» About this task
Copy the records exactly, every one of them.

» Extracted information
//! The line of `front`.

ghost use Rattle.std.specs.Prelude.{◌≡◌, ◌++◌, IfOk, OnOk, Some, map, option_map, string_bytes};
ghost use Rattle.form_words.specs.Reads.{Reads};
ghost use Rattle.form_words.specs.Table.{form_of};
ghost use Rattle.run_words.specs.Fronting.{are_read, are_written, front_named, front_request, front_table, front_usage, front_with};
ghost use Rattle.run_words.specs.Values.{front, request_value};

use crate::names::{is_apart, is_file, is_name};
use crate::numbers::number_if_given;
use crate::request::Request;
use clap::ArgMatches;
use form_words::read_line;
use std::alloc::{AllocError, Global};

/// Whether these are names of what is read.
fn are_read(tgff: &str, arch: &str) -> bool
    ensures { result ≡ are_read tgff.now arch.now }
{
    if !is_name(tgff) {
        return false;
    }
    is_file(arch)
}

/// Whether the front and the proof have files of their own.
fn are_written(tgff: &str, arch: &str, front: &str, proof: &str) -> bool
    ensures { result ≡ are_written tgff.now arch.now front.now proof.now }
{
    if !is_file(front) {
        return false;
    }
    if !is_apart(Some(front), &[tgff, arch]) {
        return false;
    }
    if !is_file(proof) {
        return false;
    }
    is_apart(Some(proof), &[tgff, arch, front])
}

/// The request of these names, with the budget.
fn front_named(
    alloc: Global,
    tgff: &str,
    arch: &str,
    front_file: &str,
    proof_file: &str,
    budget: Option<Option<u64>>,
) -> Result<Option<Request>, AllocError>
    ensures { IfOk result (λ r. option_map request_value r ≡ option_map front (front_named tgff.now arch.now front_file.now proof_file.now budget)) }
{
    if !are_read(tgff, arch) {
        return Ok(None);
    }
    if !are_written(tgff, arch, front_file, proof_file) {
        return Ok(None);
    }
    let Some(budget) = budget else {
        return Ok(None);
    };
    let tgff = String::from_str(alloc, tgff)?;
    let arch = String::from_str(alloc, arch)?;
    let front_file = String::from_str(alloc, front_file)?;
    let proof_file = String::from_str(alloc, proof_file)?;
    Ok(Some(Request::Front {
        tgff,
        arch,
        front_file,
        proof_file,
        budget,
    }))
}

/// The request of the words at the places and of those of the options.
fn front_with(
    alloc: Global,
    tgff: Option<&str>,
    arch: Option<&str>,
    front_file: Option<&str>,
    proof_file: Option<&str>,
    budget: Option<&str>,
) -> Result<Option<Request>, AllocError>
    ensures { IfOk result (λ r. option_map request_value r ≡ option_map front (front_with (option_map (λ s. s.now) tgff.entry) (option_map (λ s. s.now) arch.entry) (option_map (λ s. s.now) front_file.entry) (option_map (λ s. s.now) proof_file.entry) (option_map (λ s. s.now) budget.entry))) }
{
    let Some(tgff) = tgff else {
        return Ok(None);
    };
    let Some(arch) = arch else {
        return Ok(None);
    };
    let Some(front_file) = front_file else {
        return Ok(None);
    };
    let Some(proof_file) = proof_file else {
        return Ok(None);
    };
    front_named(
        alloc,
        tgff,
        arch,
        front_file,
        proof_file,
        number_if_given(1, budget),
    )
}

/// What the words give the places and options, or `None` where they are no line of the table.
fn front_line<'a>(alloc: Global, words: &'a [String]) -> Result<Option<ArgMatches<'a>>, AllocError>
    ensures { IfOk result (Reads (form_of front_table) (map string_bytes words.entry.now)) }
{
    read_line(
        alloc,
        "front",
        &["tgff", "arch"],
        &[("front", true), ("proof", true), ("budget", false)],
        words,
    )
}

/// The request of the words after `front`.
pub(crate) fn read_front(alloc: Global, words: &[String]) -> Result<Option<Request>, AllocError>
    ensures { IfOk result (λ r. option_map request_value r ≡ option_map front (front_request (map string_bytes words.now))) }
{
    let Some(matches) = front_line(alloc, words)? else {
        return Ok(None);
    };
    front_with(
        alloc,
        matches.get_str("tgff"),
        matches.get_str("arch"),
        matches.get_str("front"),
        matches.get_str("proof"),
        matches.get_str("budget"),
    )
}

/// Appends the line of usage.
pub(crate) fn put_front_usage(out: &mut Vec<u8>) -> Result<(), AllocError>
    ensures { OnOk result (out.new.items ≡ out.old.items ++ front_usage) }
{
    out.extend_from_slice(b"usage: dse front TGFF ARCH --front FILE --proof FILE [--budget N]\n")
}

» Exercise answer
//! The line of `front`.

ghost use Rattle.std.specs.Prelude.{◌≡◌, ◌++◌, IfOk, OnOk, Some, map, option_map, string_bytes};
ghost use Rattle.form_words.specs.Reads.{Reads};
ghost use Rattle.form_words.specs.Table.{form_of};
ghost use Rattle.run_words.specs.Fronting.{are_read, are_written, front_named, front_request, front_table, front_usage, front_with};
ghost use Rattle.run_words.specs.Values.{front, request_value};

use crate::names::{is_apart, is_file, is_name};
use crate::numbers::number_if_given;
use crate::request::Request;
use clap::ArgMatches;
use form_words::read_line;
use std::alloc::{AllocError, Global};

/// Whether these are names of what is read.
fn are_read(tgff: &str, arch: &str) -> bool
    ensures { result ≡ are_read tgff.now arch.now }
{
    if !is_name(tgff) {
        return false;
    }
    is_file(arch)
}

/// Whether the front and the proof have files of their own.
fn are_written(tgff: &str, arch: &str, front: &str, proof: &str) -> bool
    ensures { result ≡ are_written tgff.now arch.now front.now proof.now }
{
    if !is_file(front) {
        return false;
    }
    if !is_apart(Some(front), &[tgff, arch]) {
        return false;
    }
    if !is_file(proof) {
        return false;
    }
    is_apart(Some(proof), &[tgff, arch, front])
}

/// The request of these names, with the budget.
fn front_named(
    alloc: Global,
    tgff: &str,
    arch: &str,
    front_file: &str,
    proof_file: &str,
    budget: Option<Option<u64>>,
) -> Result<Option<Request>, AllocError>
    ensures { IfOk result (λ r. option_map request_value r ≡ option_map front (front_named tgff.now arch.now front_file.now proof_file.now budget)) }
{
    if !are_read(tgff, arch) {
        return Ok(None);
    }
    if !are_written(tgff, arch, front_file, proof_file) {
        return Ok(None);
    }
    let Some(budget) = budget else {
        return Ok(None);
    };
    let tgff = String::from_str(alloc, tgff)?;
    let arch = String::from_str(alloc, arch)?;
    let front_file = String::from_str(alloc, front_file)?;
    let proof_file = String::from_str(alloc, proof_file)?;
    Ok(Some(Request::Front {
        tgff,
        arch,
        front_file,
        proof_file,
        budget,
    }))
}

/// The request of the words at the places and of those of the options.
fn front_with(
    alloc: Global,
    tgff: Option<&str>,
    arch: Option<&str>,
    front_file: Option<&str>,
    proof_file: Option<&str>,
    budget: Option<&str>,
) -> Result<Option<Request>, AllocError>
    ensures { IfOk result (λ r. option_map request_value r ≡ option_map front (front_with (option_map (λ s. s.now) tgff.entry) (option_map (λ s. s.now) arch.entry) (option_map (λ s. s.now) front_file.entry) (option_map (λ s. s.now) proof_file.entry) (option_map (λ s. s.now) budget.entry))) }
{
    let Some(tgff) = tgff else {
        return Ok(None);
    };
    let Some(arch) = arch else {
        return Ok(None);
    };
    let Some(front_file) = front_file else {
        return Ok(None);
    };
    let Some(proof_file) = proof_file else {
        return Ok(None);
    };
    front_named(
        alloc,
        tgff,
        arch,
        front_file,
        proof_file,
        number_if_given(1, budget),
    )
}

/// What the words give the places and options, or `None` where they are no line of the table.
fn front_line<'a>(alloc: Global, words: &'a [String]) -> Result<Option<ArgMatches<'a>>, AllocError>
    ensures { IfOk result (Reads (form_of front_table) (map string_bytes words.entry.now)) }
{
    read_line(
        alloc,
        "front",
        &["tgff", "arch"],
        &[("front", true), ("proof", true), ("budget", false)],
        words,
    )
}

/// The request of the words after `front`.
pub(crate) fn read_front(alloc: Global, words: &[String]) -> Result<Option<Request>, AllocError>
    ensures { IfOk result (λ r. option_map request_value r ≡ option_map front (front_request (map string_bytes words.now))) }
{
    let Some(matches) = front_line(alloc, words)? else {
        return Ok(None);
    };
    front_with(
        alloc,
        matches.get_str("tgff"),
        matches.get_str("arch"),
        matches.get_str("front"),
        matches.get_str("proof"),
        matches.get_str("budget"),
    )
}

/// Appends the line of usage.
pub(crate) fn put_front_usage(out: &mut Vec<u8>) -> Result<(), AllocError>
    ensures { OnOk result (out.new.items ≡ out.old.items ++ front_usage) }
{
    out.extend_from_slice(b"usage: dse front TGFF ARCH --front FILE --proof FILE [--budget N]\n")
}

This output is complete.